▶ [The records]
+++
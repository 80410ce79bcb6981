// Taking lists as a program.
ghost use Rattle.std.specs.Prelude.{◌≡◌, [], MatchResult};
ghost use Rattle.refusals.specs.declared.Reason.TheVariants.{NotAForm};
ghost use Rattle.syntax.specs.Scripts.{Script, WellFormed};
ghost use Rattle.syntax.specs.Forms.{IsForm, Forms};
ghost use Rattle.syntax.specs.Held.{HeldPrograms};

use super::form::{Declaration, Node, Row};
use super::held::Program;
use super::names::declarations_stand;
use super::rows::statements_stand;
use refusals::{Reason, Refusal};

impl<'a> Program<'a> {
    // The program without declarations and statements.
    pub fn empty() -> Program<'a>
        ensures { (result.declarations.now ≡ []) × (result.rows.now ≡ []) × (result.nodes.now ≡ []) }
    {
        Program {
            declarations: &[],
            rows: &[],
            nodes: &[],
        }
    }

    // The three lists.
    pub fn declarations(&self) -> &'a [Declaration]
        ensures { result ≡ self.now.declarations }
    {
        self.declarations
    }

    pub fn rows(&self) -> &'a [Row]
        ensures { result ≡ self.now.rows }
    {
        self.rows
    }

    pub fn nodes(&self) -> &'a [Node]
        ensures { result ≡ self.now.nodes }
    {
        self.nodes
    }

    // Takes lists that are the form of a script in place of the program held before. Other lists are refused, and nothing changes.
    // Three lists, and not one struct of them, since a C interface will have three pointers.
    pub fn hold(
        &mut self,
        declarations: &'a [Declaration],
        rows: &'a [Row],
        nodes: &'a [Node],
    ) -> Result<(), Refusal>
        ensures kept { MatchResult result (λ _. (self.new.declarations ≡ declarations.entry) × (self.new.rows ≡ rows.entry) × (self.new.nodes ≡ nodes.entry)) (λ e. (e.reason ≡ NotAForm) × (e.place ≡ 0) × (self.new ≡ self.old)) }
        ensures exactly { MatchResult result (λ _. (s : Script) × (WellFormed s × IsForm s declarations.now rows.now nodes.now)) (λ _. (s : Script) → WellFormed s → IsForm s declarations.now rows.now nodes.now → ⊥) }
    {
        if declarations_stand(declarations) && statements_stand(rows, nodes, declarations.len()) {
            *self = Program {
                declarations,
                rows,
                nodes,
            };
            Ok(())
        } else {
            Err(Refusal::new(Reason::NotAForm, 0))
        }
    }
}

// One form a script, and one script a form.
pub fn forms_are_unique()
    ensures { Forms }
{}

// What the reader of a held program may rely on.
pub fn held_programs_stand()
    ensures { HeldPrograms }
{}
+++
▶ [What you need to do] The full listing needs to be output again, exactly as it reads.

▶ [Task solution]
repository 80410ce79bcb6981
// Taking lists as a program.
ghost use Rattle.std.specs.Prelude.{◌≡◌, [], MatchResult};
ghost use Rattle.refusals.specs.declared.Reason.TheVariants.{NotAForm};
ghost use Rattle.syntax.specs.Scripts.{Script, WellFormed};
ghost use Rattle.syntax.specs.Forms.{IsForm, Forms};
ghost use Rattle.syntax.specs.Held.{HeldPrograms};

use super::form::{Declaration, Node, Row};
use super::held::Program;
use super::names::declarations_stand;
use super::rows::statements_stand;
use refusals::{Reason, Refusal};

impl<'a> Program<'a> {
    // The program without declarations and statements.
    pub fn empty() -> Program<'a>
        ensures { (result.declarations.now ≡ []) × (result.rows.now ≡ []) × (result.nodes.now ≡ []) }
    {
        Program {
            declarations: &[],
            rows: &[],
            nodes: &[],
        }
    }

    // The three lists.
    pub fn declarations(&self) -> &'a [Declaration]
        ensures { result ≡ self.now.declarations }
    {
        self.declarations
    }

    pub fn rows(&self) -> &'a [Row]
        ensures { result ≡ self.now.rows }
    {
        self.rows
    }

    pub fn nodes(&self) -> &'a [Node]
        ensures { result ≡ self.now.nodes }
    {
        self.nodes
    }

    // Takes lists that are the form of a script in place of the program held before. Other lists are refused, and nothing changes.
    // Three lists, and not one struct of them, since a C interface will have three pointers.
    pub fn hold(
        &mut self,
        declarations: &'a [Declaration],
        rows: &'a [Row],
        nodes: &'a [Node],
    ) -> Result<(), Refusal>
        ensures kept { MatchResult result (λ _. (self.new.declarations ≡ declarations.entry) × (self.new.rows ≡ rows.entry) × (self.new.nodes ≡ nodes.entry)) (λ e. (e.reason ≡ NotAForm) × (e.place ≡ 0) × (self.new ≡ self.old)) }
        ensures exactly { MatchResult result (λ _. (s : Script) × (WellFormed s × IsForm s declarations.now rows.now nodes.now)) (λ _. (s : Script) → WellFormed s → IsForm s declarations.now rows.now nodes.now → ⊥) }
    {
        if declarations_stand(declarations) && statements_stand(rows, nodes, declarations.len()) {
            *self = Program {
                declarations,
                rows,
                nodes,
            };
            Ok(())
        } else {
            Err(Refusal::new(Reason::NotAForm, 0))
        }
    }
}

// One form a script, and one script a form.
pub fn forms_are_unique()
    ensures { Forms }
{}

// What the reader of a held program may rely on.
pub fn held_programs_stand()
    ensures { HeldPrograms }
{}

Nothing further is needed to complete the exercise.